Кирилл Светляков об обновленной экспозиции отдела новейших течений 
«Современное искусство: 1960—2000. Перезагрузка»

ДИ. Делать экспозицию, претендующую на историчность, такого сложного периода в отечественном искусстве, как вторая половина 20 века – задача не из легких. Даже если сосредоточиться на одной его линии – нонкоформисты. Один отбор чего стоит – художники были весьма плодовиты, объем материала велик, а экспозиция требует чистоты высказывания. В чем для вас была главная сложность работы?

Кирилл Светляков. Основная сложность – это систематика материала, потому что в искусстве нонконформистов существует очень мало направлений в чистом виде, отсюда часты утверждения, что у нас не было ни сюрреализма, ни минимализма, ни поп-арта и много чего не было.

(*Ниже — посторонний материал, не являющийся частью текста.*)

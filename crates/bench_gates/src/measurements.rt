//! What can be measured.

use crate::at_gates::Round;
use crate::{at_gates, at_runs};
use anyhow::Result;
use std::alloc::Global;
use std::rt::Clock;
use std::sync::Wait;
use std::thread::Threads;
use std::time::Duration;

/// What is measured.
enum Subject {
    /// Rounds at the gates, all of one kind.
    Rounds(Round),
    /// Whole runs.
    Runs,
}

/// What is measured, among how many, and how often it is done.
pub(crate) struct Measurement {
    subject: Subject,
    size: u8,
    count: u32,
}

impl Measurement {
    /// The one that these words ask for, if they do.
    pub(crate) fn of(what: &str, size: &str, count: &str) -> Option<Measurement> {
        let (Ok(size), Ok(count)) = (size.parse(), count.parse()) else {
            return None;
        };
        if !(1..=64).contains(&size) || count == 0 {
            return None;
        }
        let subject = match what {
            "mount" => Subject::Rounds(Round::Mount),
            "level" => Subject::Rounds(Round::Level),
            "write-access" => Subject::Rounds(Round::WriteAccess),
            "freeze" => Subject::Rounds(Round::Freeze),
            "freeze-and-callbacks" => Subject::Rounds(Round::FreezeAndCallbacks),
            "remounts" => Subject::Rounds(Round::Remounts),
            "snapshot" => Subject::Rounds(Round::Snapshot),
            "file" => Subject::Rounds(Round::File),
            "wait" => Subject::Rounds(Round::Wait),
            "create-and-remove" => Subject::Rounds(Round::CreateAndRemove),
            "grow" => Subject::Rounds(Round::Grow),
            "moves" => Subject::Rounds(Round::Moves),
            "fault-and-flush" => Subject::Rounds(Round::FaultAndFlush),
            "run" => Subject::Runs,
            _ => return None,
        };
        Some(Measurement {
            subject,
            size,
            count,
        })
    }

    /// How long it takes.
    pub(crate) fn measure<R: Threads + Wait + Clock + Sync>(
        self,
        rt: &R,
        alloc: Global,
    ) -> Result<Duration> {
        let Measurement {
            subject,
            size,
            count,
        } = self;
        match subject {
            Subject::Rounds(round) => at_gates::measure(rt, alloc, round, size, count),
            Subject::Runs => at_runs::measure(rt, alloc, size, count),
        }
    }
}
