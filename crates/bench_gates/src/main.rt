//! The workbench of the gates: by the words of its command line it measures them, for the scripts of `bench`, or runs a backup beside a writer,
//! which docs/library.md explains. The words are few, so a `match` reads them.
#![tactic(auto)]

mod at_gates;
mod at_runs;
mod measurements;

use anyhow::Result;
use example_backup::MOUNT;
use example_backup::run::run;
use measurements::Measurement;
use std::alloc::Global;
use std::process::ExitCode;
use std::rt::Clock;
use std::sync::Wait;
use std::thread::Threads;
use vfs_gates::Gate;

/// What the program can be asked for.
const USAGE: &str = "\
Usage: bench_gates measure <WHAT> <SIZE> <COUNT>
       bench_gates backup | --help

measure  Measures the gates, and prints nanoseconds
         WHAT   mount, level or write-access: pairs of a taken and a returned access; freeze or freeze-and-callbacks: freezes, each
                with its thaw; remounts: remounts to read-only, each with one back; snapshot: snapshots; file: a file's opens, each with
                its close; create-and-remove, grow, moves (there and back) and fault-and-flush: calls at the tree; wait: starts behind a
                freeze; run: runs
         SIZE   Threads of the pairs, or tasks and processors, and nodes of a snapshot: 1 to 64, and at least 3 for runs. Of a wait,
                the task that has frozen and those that wait
         COUNT  How many of them: of pairs, for each thread; of a wait, how many milliseconds
backup   Runs a backup beside a writer, and prints what both have done";

/// What the words of a command line ask for.
enum WorkbenchRequest {
    Measure(Measurement),
    Backup,
    Help,
}

fn main(rt: HostRuntime) -> Result<ExitCode> {
    let alloc = rt.alloc();
    let words: Vec<String> = std::env::args(&rt)?.collect(alloc)?;
    let asked = read_words(words.as_slice());
    // Before any way out, so that it is dropped in one place.
    drop(words);
    let Some(asked) = asked else {
        return refuse(&rt);
    };
    answer(&rt, alloc, asked)?;
    Ok(ExitCode::SUCCESS)
}

/// What these words ask for, the first of which is the program's name.
fn read_words(words: &[String]) -> Option<WorkbenchRequest> {
    let [_program, command, others @ ..] = words else {
        return None;
    };
    match (command.as_str(), others) {
        ("measure", [what, size, count]) => {
            let measurement = Measurement::of(what.as_str(), size.as_str(), count.as_str())?;
            Some(WorkbenchRequest::Measure(measurement))
        }
        ("backup", []) => Some(WorkbenchRequest::Backup),
        ("--help", []) => Some(WorkbenchRequest::Help),
        _ => None,
    }
}

/// Does what was asked for.
fn answer<R: Threads + Wait + Clock + Print + Sync>(
    rt: &R,
    alloc: Global,
    asked: WorkbenchRequest,
) -> Result<()> {
    match asked {
        WorkbenchRequest::Measure(measurement) => print_time(rt, alloc, measurement),
        WorkbenchRequest::Backup => back_up(rt, alloc),
        WorkbenchRequest::Help => Ok(rt.println(USAGE)?),
    }
}

/// Says what can be asked for, where the words ask for nothing of that.
fn refuse<R: Eprint>(rt: &R) -> Result<ExitCode> {
    rt.eprintln(USAGE)?;
    Ok(ExitCode::from(2))
}

/// Measures, and prints how long it took.
fn print_time<R: Threads + Wait + Clock + Print + Sync>(
    rt: &R,
    alloc: Global,
    measurement: Measurement,
) -> Result<()> {
    let took = measurement.measure(rt, alloc)?;
    println!(rt; "{}", took.as_nanos())?;
    Ok(())
}

/// Lets the writer and the backup work, and prints what they tell and what is left at their mount: the same whatever the schedule.
fn back_up<R: Threads + Wait + Print + Sync>(rt: &R, alloc: Global) -> Result<()> {
    let (told, closed) = run(rt, alloc)?;
    let left = closed.gate_sum(Gate::Mount(MOUNT));
    drop(closed);
    println!(rt; "{told}\naccesses left: {left:?}")?;
    Ok(())
}
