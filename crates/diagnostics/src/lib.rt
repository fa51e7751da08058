//! What a person is told of a faulty line of a schedule or a race: `FILE:3:3: error: unknown command 'wnat'`, the line with a caret under the words
//! at fault, and how to mend it. The faults themselves are those of `schedule_text` and `race_files`; here is only what helps.
#![tactic(auto)]

mod contexts;
mod diagnoses;
mod forms;
mod hints;
mod nearest;
mod places;
mod race_hints;
mod texts;

pub use contexts::Context;
pub use diagnoses::{Faulty, Marked, diagnosis, tell_faulty};
pub use nearest::Nearest;
pub use texts::Text;
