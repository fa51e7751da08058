//! A text that is put together.

use crate::forms::Form;
use crate::nearest::Nearest;
use schedule_text::Verb;
use std::alloc::{AllocError, Global};
use std::fmt::Display;

/// A text that is put together. Whether there was memory for it is asked once, at its end.
#[derive(Drop)]
pub struct Text {
    alloc: Global,
    text: String,
    /// Whether memory was refused.
    is_refused: bool,
}

impl Text {
    /// Creates an empty text.
    pub fn new(alloc: Global) -> Text {
        Text {
            alloc,
            text: String::new(alloc),
            is_refused: false,
        }
    }

    /// Appends a value as it is displayed.
    pub fn put<D: Display + Drop>(&mut self, shown: D) {
        self.is_refused |= self.text.write_fmt(shown).is_err();
    }

    /// Appends bytes: those that are no graphic character and no space as they are written in C, so that none of them moves a terminal's cursor.
    pub fn bytes(&mut self, bytes: &[u8]) {
        for byte in bytes {
            match *byte {
                b'\t' => self.put("\\t"),
                b'\r' => self.put("\\r"),
                b' ' => self.put(' '),
                graphic if graphic.is_ascii_graphic() => self.put(char::from(graphic)),
                other => self.put(format_args!("\\x{other:02x}")),
            }
        }
    }

    /// Appends a text in quotes, behind another one.
    pub fn quoted(&mut self, before: &str, text: &str) {
        self.put(before);
        self.put(" '");
        self.put(text);
        self.put("'");
    }

    /// Appends a character so many times.
    pub fn repeated(&mut self, character: char, count: usize) {
        for _ in 0..count {
            self.put(character);
        }
    }

    /// Returns the nearest of the names of some forms to a word, if one is near. Capital letters count as small ones.
    pub(crate) fn nearest(&mut self, word: &[u8], forms: &[Form]) -> Option<&'static str> {
        let shown = self.in_small_letters(word);
        let mut nearest = Nearest::new(self.alloc, shown.text.as_str());
        for (name, _) in forms {
            nearest.compare(*name);
        }
        self.is_refused |= nearest.is_refused;
        nearest.name
    }

    /// Returns the nearest of the verbs to a word in the same way.
    pub(crate) fn nearest_verb(&mut self, word: &[u8]) -> Option<&'static str> {
        let shown = self.in_small_letters(word);
        let mut nearest = Nearest::new(self.alloc, shown.text.as_str());
        for verb in &Verb::ALL {
            nearest.compare(verb.name());
        }
        self.is_refused |= nearest.is_refused;
        nearest.name
    }

    /// Returns a word in small letters.
    fn in_small_letters(&mut self, word: &[u8]) -> Text {
        let mut shown = Text::new(self.alloc);
        for byte in word {
            shown.bytes(&[byte.to_ascii_lowercase()]);
        }
        self.is_refused |= shown.is_refused;
        shown
    }

    /// Returns the text.
    ///
    /// # Errors
    ///
    /// `AllocError` if there was no memory for it.
    pub fn ended(self) -> Result<String, AllocError> {
        if self.is_refused {
            Err(AllocError)
        } else {
            Ok(self.text)
        }
    }
}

ДИ. Вы же, систематизируя по «- измам», утверждаете, что были.

Кирилл Светляков. По опыту предыдущих экспозиций, могу сказать, что зрители без какой-то системности по направлениям терялись, они не могли соотнести тот или иной объект с определенным словом, и, как следствие, утрачивали интерес. Вторая сложность – очень многие вещи неформатны, они были сделаны в квартирных условиях, в условиях маленьких мастерских, и, когда мы показывали их в открытых пространствах выставочных залов, они казались куцыми. Конечно, экспонировать их также как вещи американского поп-арта или минимализма по принципу «одна стена – одна работа» невозможно, так как у зрителя сразу же возникает реакция, что это сделано хуже, а дело не в том, что это хуже, а в том, что это возникло совсем в других условиях.

ДИ.В том числе и социально-политических.

Кирилл Светляков. Да. Скажем, если западный художник придумывал определённый способ производства искусства, далее  он тиражировал работы в разных масштабах и адаптировал к различным выставочным пространствам; московские же художники, сделав одно открытие, не тиражировали его, не делали из этого продукта. Отсюда мы имеем дело с собранием вещей, которые в большей степени вещность эту не набрали: это набор идей, набор разных экспериментов. Они действительно не образуют «чистой линии», потому что это не серийное производство. Вообще, искусство андеграунда выпадает из конвенции товара, производства, вещи, продукта. Поэтому оно и вызывает у сегодняшних зрителей, насмотревшихся западных музеев, ощущение чего-то кустарного. Но здесь стратегия была направлена именно на то, чтобы выпасть из всех конвенций. В каких-то случаях это можно назвать нигилизмом, в каких-то анархией, но в процессе выпадения из всех конвенций, в частности, конвенций картины, вещи, скульптуры или товара, как раз и возникали эти странные формы. В них очень интересно разбираться, но они сложны для экспонирования в силу своего антивыставочного характера, отсюда и был выбран «кабинетный формат». Он некоторых зрителей смущает своей похожестью на музеи естественной истории, но именно такой формат дает работам человеческое, а не товарное или «вещное» измерение.     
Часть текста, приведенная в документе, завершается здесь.